Glamour Manor
- Genre: Situation comedy, audience interviews
- Running time: Daytime
- Country of origin: United States
- Language: English
- Home station: Blue Network
- Starring: Cliff Arquette, Tyler McVey, Lurene Tuttle, Kenny Baker
- Written by: Various
- Directed by: Ken Burton
- Produced by: Betty Buckler, Keith McLeod
- Original release: July 3, 1944 – June 27, 1947
- Sponsored by: Procter & Gamble

= Glamour Manor =

American daytime radio program

Glamour Manor is an American daytime radio program that was broadcast on the Blue Network from July 3, 1944 until June 27, 1947.

Cliff Arquette starred in Glamour Manor, which varied in format depending on the day of the week. Mondays, Wednesdays, and Fridays featured situation-comedy episodes, while on Tuesdays and Thursdays Arquette and co-star Lurene Tuttle interviewed members of the audience. The sponsor was Procter & Gamble, primarily promoting Crisco and Ivory Snow. The program initially originated from studios at Sunset Boulevard and Vine Street in Hollywood. Daily prizes were given to members of the studio audience whose tickets were drawn from a fish bowl.

The situation comedy had Arquette managing Glamour Manor Hotel, which he had inherited, with its "33 delightful but dilapidated rooms and the odd assortment of guests who live in them". He also played Captain Billy and Mrs. Wilson, an elderly lady. Tyler McVey played desk clerk Tyler, and Tuttle played his girlfriend, Gloria Kenyon. Others in the cast were John McIntire as Hamlet Mantel, Bea Benaderet as Wanda Werewolf, and Will Wright as Maloney. Francis X. Bushman was also in the cast.

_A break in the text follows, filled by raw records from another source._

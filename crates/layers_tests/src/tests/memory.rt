//! The heap of a test: made, looked at and ended.

ghost use Rattle.std.specs.Prelude.{◌≡◌};
ghost use Rattle.dp_heap.specs.Elements.{count_of, is_busy};
ghost use Rattle.dp_region.specs.Region.{IsRegionSize};

use super::cases::must;
use dp_heap::{Element, Heap, State};
use dp_region::Region;
use std::alloc::Global;
use std::process::Abort;

/// A new heap of this many bytes.
pub(crate) fn new_heap(rt: &impl Abort, alloc: Global, size: u32) -> Heap
    requires { IsRegionSize size }
    ensures { count_of is_busy result.elements ≡ 0 }
{
    Heap::new(Region::new(alloc, size).expect(rt, "memory"))
}

/// Whether the heap is one free element of 4,096 bytes.
pub(crate) fn is_whole(heap: &Heap) -> bool {
    let whole = Element {
        offset: 0,
        size: 4096,
        state: State::Free,
        pad: 0,
    };
    heap.element(0) == Some(whole) && heap.element(1) == None
}

/// Ends a heap of which nothing is out.
pub(crate) fn end(rt: &impl Abort, heap: Heap) {
    let busy = heap.stats().busy_count;
    must(rt, busy == 0, "no element is busy");
    heap.close().close();
}

/// The same, with the list of what was out, which is empty.
pub(crate) fn end_with<T>(rt: &impl Abort, heap: Heap, out: Vec<T>) {
    must(rt, out.is_empty(), "all is given back");
    out.destroy_empty();
    end(rt, heap);
}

Hal Stevens and Ernie Newton were the singers, with Charles "Bud" Dant and Charlie Hale's orchestra providing music. Announcers were Jack Bailey, Bob Bruce, and Terry O'Sullivan. "There's a Small Hotel" was the theme song. Betty Buckler was the original producer; Keith McLeod replaced her in November 1944.

In January 1945, Glamour Manor moved to New York. Arquette and McVey kept their parts. Tuttle was replaced by Jan Miner as Gloria, but after a short time Virginia Vass replaced Miner. Arthur Vinton portrayed Hamlet Hantell, and Rolfe Sedan was heard in several roles. Jack Smith was the singer, and Harry Lubin led the orchestra.

In September 1945, after an eight-week summer hiatus, the show returned to Hollywood. Arquette, McVey, Vass, and Lubin stayed on the show, and Newton returned as singer. Chief Quigley was added as cook at the hotel, "just a front to extoll the virtues of Crisco". Rod Connor became the announcer.

Kenny Baker joined the cast in June 1946 as "singing proprietor" and "slightly addled emcee" of the hotel when Arquette left for other work. Barbara Eiler was added as Barbara Dilley, bookkeeper for the hotel and girlfriend of Baker. Don Wilson portrayed a boarder who often gave bad advice, and Sam Hearn played Schlepperman, who often made situations worse. Elvira Allman played socialite Mrs. Biddle. Wilson doubled as announcer, and Lubin continued to direct the orchestra. Ken Burton was the director.